Can we just have struct inheritence already?

Exil Exil at gmall.com
Thu Jun 13 20:55:34 UTC 2019


On Thursday, 13 June 2019 at 19:21:53 UTC, Tim wrote:
> On Tuesday, 11 June 2019 at 00:30:27 UTC, Walter Bright wrote:
>> If you want @safe to mean "no undefined behavior", that is a 
>> valid opinion, but that is not what @safe in D is currently 
>> defined as. It is currently defined as "memory safe". If you 
>> can find a case where an int with garbage in it can cause 
>> memory corruption in @safe code, that would indeed be a bug in 
>> D.
>
> The following code causes memory corruption, because a bool has 
> garbage in it.
>
> import std.stdio;
>
> // Returns newly allocated data with increased value if b is 
> true.
> // Returns same data otherwise.
> const(int)* test(immutable int *data, bool b) @trusted
> {
>     int *data2;
>     if(!b)
>     {
>         writeln("b seems to be false");
>         // The cast can be trusted, because data2 will only be 
> modified if b is true.
>         data2 = cast(int*)data;
>     }
>     else
>     {
>         writeln("b seems to be true");
>         data2 = new int(*data);
>     }
>
>     if(b)
>     {
>         writeln("b seems to be true");
>         *data2 += 1;
>     }
>     return data2;
> }
>
> void main() @safe
> {
>     bool b = void;
>     immutable int *data = new immutable int(1);
>     writeln("data before: ", *data);
>     const int *data2 = test(data, b);
>     writeln("data after: ", *data);
>     writeln("data2 after: ", *data2);
> }
>
> After compiling it with dmd and running it I get the following 
> output:
> data before: 1
> b seems to be false
> b seems to be true
> data after: 2
> data2 after: 2
>
> The immutable integer pointed to by data is modified.
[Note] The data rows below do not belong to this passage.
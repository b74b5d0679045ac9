ghost use Rattle.std.specs.Prelude.{◌≡◌, ℕ, ◌<◌, ◌≤◌, IfOk, OnErr, length, map, take};
ghost use Rattle.std.specs.List.{before_first, after_first, position_or_len};
ghost use Rattle.httparse.specs.Grammar.{IsToken};
ghost use Rattle.httparse.specs.Spans.{IsRequestWithin, span_bytes};
ghost use Rattle.sw_message.specs.Head.{field_at};
ghost use Rattle.sw_message.specs.Head.{is_question_mark};

use crate::fields::{Field, FieldList};
use http::Method;
use http::method::MethodError;
use httparse::spans::{HeaderSpan, RequestSpans};
use std::alloc::Global;
use sw_outside::{Bytes, NoMemory};

/// A request whose body was not taken yet.
#[derive(Drop)]
pub struct OpenRequest {
    pub method: Method,
    pub path: Bytes,
    pub query: Bytes,
    pub fields: FieldList,
}

/// How many bytes of a target its path has.
fn path_len(target: &[u8]) -> usize
    ensures len { result ≡ position_or_len is_question_mark target.now }
    ensures within { result ≤ length target.now }
{
    target.iter().take_while(|b| **b != b'?').count()
}

/// The path and the query of a target.
fn split_target(target: &[u8]) -> (&[u8], &[u8])
    ensures path { result.0.now ≡ before_first is_question_mark target.now }
    ensures query { result.1.now ≡ after_first is_question_mark target.now }
{
    let len = path_len(target);
    if len == target.len() {
        (target, &[])
    } else {
        (&target[..len], &target[len + 1..])
    }
}

/// The method that a token names. One of at most 15 bytes takes no memory.
fn method_of(alloc: Global, token: &[u8]) -> Result<Method, NoMemory>
    requires { IsToken token.now }
    ensures method { IfOk result (λ method. method ≡ token.now) }
    ensures for_long { OnErr result (15 < length token.now) }
{
    match Method::from_bytes(alloc, token) {
        Ok(method) => Ok(method),
        Err(MethodError::Invalid) => unreachable!(),
        Err(MethodError::OutOfMemory) => Err(NoMemory),
    }
}

/// Copies the fields that the spans cover. Without fields no memory is taken.
fn fields_at(
    alloc: Global,
    bytes: &[u8],
    headers: &[HeaderSpan],
    spans: RequestSpans,
) -> Result<FieldList, NoMemory>
    requires { IsRequestWithin bytes.now headers.now spans }
    ensures copied { IfOk result (λ fields. fields ≡ map (field_at bytes.now) (take spans.headers headers.now)) }
    ensures for_some { OnErr result (0 < spans.headers) }
{
    let covered = &headers[..spans.headers];
    let mut fields = Vec::with_capacity(alloc, covered.len())?;
    for header in covered {
        fields.push(Field {
            name: Bytes::copy(alloc, header.name.of(bytes))?,
            value: Bytes::copy(alloc, header.value.of(bytes))?,
        })?;
    }
    Ok(FieldList::from(fields))
}

/// Copies the parts of a head that the spans cover.
pub fn open_request(
    alloc: Global,
    bytes: &[u8],
    headers: &[HeaderSpan],
    spans: RequestSpans,
) -> Result<OpenRequest, NoMemory>
    requires within { IsRequestWithin bytes.now headers.now spans }
    requires token { IsToken (span_bytes bytes.now spans.method) }
    ensures method { IfOk result (λ request. request.method ≡ span_bytes bytes.now spans.method) }
    ensures path { IfOk result (λ request. request.path ≡ before_first is_question_mark (span_bytes bytes.now spans.path)) }
    ensures query { IfOk result (λ request. request.query ≡ after_first is_question_mark (span_bytes bytes.now spans.path)) }
    ensures fields { IfOk result (λ request. request.fields ≡ map (field_at bytes.now) (take spans.headers headers.now)) }
{
    let (path, query) = split_target(spans.path.of(bytes));
    Ok(OpenRequest {
        method: method_of(alloc, spans.method.of(bytes))?,
        path: Bytes::copy(alloc, path)?,
        query: Bytes::copy(alloc, query)?,
        fields: fields_at(alloc, bytes, headers, spans)?,
    })
}
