ghost use Rattle.std.specs.Prelude.{◌≡◌, ℕ, Some};
ghost use Rattle.std.specs.Option.{option_copied};
ghost use Rattle.sw_message.specs.Fields.{has_field, field_count};
ghost use Rattle.sw_message.specs.Framing.{length_of, agrees, all_agree, length_in, one_length, is_word, says, is_chunked, framing_of, is_framed};

use crate::fields::{Field, FieldList, is_named};
use crate::limits::MAX_LENGTH_DIGITS;

/// The field that says how long a body is.
const CONTENT_LENGTH: &[u8] = b"content-length";

/// The field that says how a body is coded.
const TRANSFER_ENCODING: &[u8] = b"transfer-encoding";

/// How many fields say how a chunked body is coded.
const ONE_CODING: usize = 1;

/// How a head says where its body ends.
#[derive(Clone, Copy, Debug, PartialEq, Eq)]
pub enum Framing {
    /// There is no body.
    Unframed,
    /// So many bytes.
    Length(usize),
    /// Chunks, and the last has no bytes.
    Chunked,
}

/// Whether a field has this name.
pub(crate) fn has_field(name: &[u8], fields: &[Field]) -> bool
    ensures { result ≡ has_field name.now fields.now }
{
    fields.iter().any(|field| is_named(name, field))
}

/// How many fields have this name.
fn field_count(name: &[u8], fields: &[Field]) -> usize
    ensures { result ≡ field_count name.now fields.now }
{
    fields.iter().filter(|field| is_named(name, field)).count()
}

/// Whether the field has another name, or this very value.
fn agrees(name: &[u8], value: &[u8], field: &Field) -> bool
    ensures { result ≡ agrees name.now value.now field.now }
{
    !is_named(name, field) || field.value.as_slice() == value
}

/// Whether there is a value, and it is this word in any case.
fn is_word(word: &[u8], value: Option<&[u8]>) -> bool
    ensures { result ≡ is_word word.now (option_copied value.entry) }
{
    match value {
        Some(value) => value.eq_ignore_ascii_case(word),
        None => false,
    }
}

/// Whether the last field of this name has this word as its value, in any case.
pub fn says(name: &[u8], word: &[u8], fields: &FieldList) -> bool
    ensures { result ≡ says name.now word.now fields.now }
{
    is_word(word, fields.value_of(name))
}

/// The number that a text writes, where it has 1 to 18 digits, as that of a Content-Length.
pub fn length_of(value: &[u8]) -> Option<usize>
    ensures { result ≡ length_of value.now }
{
    if value.is_empty() || value.len() > MAX_LENGTH_DIGITS {
        return None;
    }
    let mut number: usize = 0;
    for digit in value {
        if !digit.is_ascii_digit() {
            return None;
        }
        number = number * 10 + usize::from(*digit - b'0');
    }
    Some(number)
}

/// Whether each Content-Length has this text.
fn all_agree(value: &[u8], fields: &[Field]) -> bool
    ensures { result ≡ all_agree value.now fields.now }
{
    fields
        .iter()
        .all(|field| agrees(CONTENT_LENGTH, value, field))
}

/// The length that a value gives, where each Content-Length has the same text.
fn length_in(fields: &[Field], value: &[u8]) -> Option<usize>
    ensures { result ≡ length_in fields.now value.now }
{
    if all_agree(value, fields) {
        length_of(value)
    } else {
        None
    }
}

/// The length that all Content-Length fields give.
fn one_length(fields: &FieldList) -> Option<usize>
    ensures { result ≡ one_length fields.now }
{
    match fields.value_of(CONTENT_LENGTH) {
        Some(value) => length_in(fields.as_slice(), value),
        None => None,
    }
}

/// Whether one field says that the body is chunked, and no other speaks of its coding.
fn is_chunked(fields: &FieldList) -> bool
    ensures { result ≡ is_chunked fields.now }
{
    field_count(TRANSFER_ENCODING, fields.as_slice()) == ONE_CODING
        && says(TRANSFER_ENCODING, b"chunked", fields)
}

/// Where the body ends, or `None` where the head begins no request.
#[tactic(auto, unfolding(crate::specs::Framing::framing_of))]
pub fn framing_of(fields: &FieldList) -> Option<Framing>
    ensures { result ≡ framing_of fields.now }
{
    if has_field(TRANSFER_ENCODING, fields.as_slice()) {
        if !has_field(CONTENT_LENGTH, fields.as_slice()) && is_chunked(fields) {
            Some(Framing::Chunked)
        } else {
            None
        }
    } else if has_field(CONTENT_LENGTH, fields.as_slice()) {
        one_length(fields).map(Framing::Length)
    } else {
        Some(Framing::Unframed)
    }
}

/// Whether the fields speak of a body.
pub fn is_framed(fields: &FieldList) -> bool
    ensures { result ≡ is_framed fields.now }
{
    has_field(CONTENT_LENGTH, fields.as_slice()) || has_field(TRANSFER_ENCODING, fields.as_slice())
}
The 
> function test is @trusted, but only modifies the immutable 
> data, because b seems to be true and false at the same time.
> Normally a bool is internally 0 or 1 and the compiler can 
> assume that. If b has another value and !b is implemented as 
> ~b, then b and !b can both be true.
>
> This means, that uninitialized data can result in memory 
> corruption.

This problem happens because you are used @trusted. If you used 
@safe you wouldn't be able to increment pointers and modify the 
values the way you did in @trusted.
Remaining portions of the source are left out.